Alexandra nasceu na Inglaterra em 1887 e faleceu em 4 de julho de 1966 com 79 anos, filha única de Kropotkin (1842-1921). Com a queda do czarismo na Rússia em 1917 ela foi com seus pais para lá e voltou logo após a morte de seu pai em 1921 pois era contrária a ditadura bolchevique. Viajou para Nova Yorque, onde ficou morando e viveu escrevendo artigos para revistas, também escreveu um livro sobre a culinária russa. Embora não fosse anarquista, segundo Avrich (p.37), “guardou com grande carinho recordações de seu pai, deu conferências sobre ele no Libertarian Book Club e se manteve em contato com os companheiros”.

Logo no ínício da entrevista ela pergunta a Avrich: Está escrevendo uma história sobre o anarquismo russo? O que está tentando provar? Ela responde rapidamente: “Só há uma coisa importante, os filhos da puta dos comunistas queriam o poder. E lhe direi mais, havia um bocado de “cabrones” (sacanas, cornos) entre os anarquistas também.” (p.36).

Sasha, fala do ódio que tem pelos políticos e aos que buscam o poder e ressalta que o seu pai, Pedro Kropotkin, se negou a ver apenas um homem durante os anos que viveram na Inglaterra, Lenin, quando ele esteve para uma conferência lá no início do século XX. Ele aceitava encontrar com todo mundo desde o imperador japonês até o anarquista mais assustador. Kropotkin lhe ensinou a lutar com bastões, pois acreditava que as mulheres deveriam aprender a se defender.
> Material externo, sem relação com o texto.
//! What a store is made of, for a crate that writes it down and makes it again.
ghost use Rattle.std.specs.Prelude.{◌≡◌};
ghost use Rattle.versions.specs.Roots.{HasRoots, values_in};
ghost use Rattle.versions.specs.Rooted.{IsListOf, list_at};
ghost use Rattle.versions.specs.Keyed.{IsKeySet, keys_at};
ghost use Rattle.versions.specs.Bound.{IsKeyMap, map_at};

use crate::lists::Lists;
use crate::maps::Maps;
use crate::piece::Piece;
use crate::sets::Sets;
use elem_core::Element;
use node_heap::{Heap, Link};
use slab::Slab;

impl<T: Element> Lists<T> {
    /// The heap of the store, and the roots of its versions by their numbers.
    pub fn parts(&self) -> (&Heap<T>, &Slab<Link>)
        ensures stands { HasRoots IsListOf list_at result.0.now result.1.now.slots }
        ensures same { values_in list_at result.0.now result.1.now.slots ≡ self.now }
    {
        (&self.heap, &self.roots)
    }

    /// The store of this heap, whose versions are the numbers of these roots. The heap has no other holds.
    pub fn of_parts(heap: Heap<T>, roots: Slab<Link>) -> Lists<T>
        requires { HasRoots IsListOf list_at heap roots.slots }
        ensures { result ≡ values_in list_at heap roots.slots }
    {
        Lists { heap, roots }
    }
}

impl<K: Element> Sets<K> {
    /// The heap of the store, and the roots of its versions by their numbers.
    pub fn parts(&self) -> (&Heap<K>, &Slab<Link>)
        ensures stands { HasRoots (IsKeySet K.cmp K.code_of) (keys_at K.cmp) result.0.now result.1.now.slots }
        ensures same { values_in (keys_at K.cmp) result.0.now result.1.now.slots ≡ self.now }
    {
        (&self.heap, &self.roots)
    }

    /// The store of this heap, whose versions are the numbers of these roots. The heap has no other holds.
    pub fn of_parts(heap: Heap<K>, roots: Slab<Link>) -> Sets<K>
        requires { HasRoots (IsKeySet K.cmp K.code_of) (keys_at K.cmp) heap roots.slots }
        ensures { result ≡ values_in (keys_at K.cmp) heap roots.slots }
    {
        Sets { heap, roots }
    }
}

impl<K: Element, V: Ord + Drop> Maps<K, V> {
    /// The heap of the store, and the roots of its versions by their numbers.
    pub fn parts(&self) -> (&Heap<Piece<K, V>>, &Slab<Link>)
        ensures stands { HasRoots (IsKeyMap K.cmp V.cmp K.code_of) (map_at K.cmp) result.0.now result.1.now.slots }
        ensures same { values_in (map_at K.cmp) result.0.now result.1.now.slots ≡ self.now }
    {
        (&self.heap, &self.roots)
    }

    /// The store of this heap, whose versions are the numbers of these roots. The heap has no other holds.
    pub fn of_parts(heap: Heap<Piece<K, V>>, roots: Slab<Link>) -> Maps<K, V>
        requires { HasRoots (IsKeyMap K.cmp V.cmp K.code_of) (map_at K.cmp) heap roots.slots }
        ensures { result ≡ values_in (map_at K.cmp) heap roots.slots }
    {
        Maps { heap, roots }
    }
}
Ela conta que quando Kropotkin voltou a Rússia em 1917, Kerenski lhe ofereceu um cargo ministerial, o da Educação. Segundo Sasha, seu pai respondeu indignado: “Não sabe que sou anarquista? Deppois Kropotkin conhece Lenin (a quem não quis encontrar na Inglaterra) num apartamento de Bonh-Bruevich. Emma Goldman visitou tambem ele em Dmitrov. Quando Kropotkin morreu, Lenin ofereceu uma cerimônia oficial e que fosse enterrado nos muros do Kremlim, mas Sasha recusou. Foi enterrado pelo ritual religioso junto a seus antepassados no monastério Novodevichii. Durante o cortejo fúnebre, quando passou pela prisão de Butirki, os prisioneiros, em homenagem, golpearam os barrotes das janelas e cantaram o hino fúnebre anarquista.

Ela ainda conta que escondeu até que tudo ficasse calmo um anarquista chamado Rubinchik que organizou a rebelião de Kronstadt. No final da entrevista sugere alguns nomes que Avrich poderia entrevistar, inclusive a Mark Mratchny que é psicanalista. E encerra a entrevista dizendo: A psicoanálise é uma merda, sabe?

Vale a pena conhecer um pouco dessa história. Nosso único exemplar, comprado diretamente da Fundação Anselmo Lorenzo, está disponível na biblioteca José Oiticica do ISVA para consultas.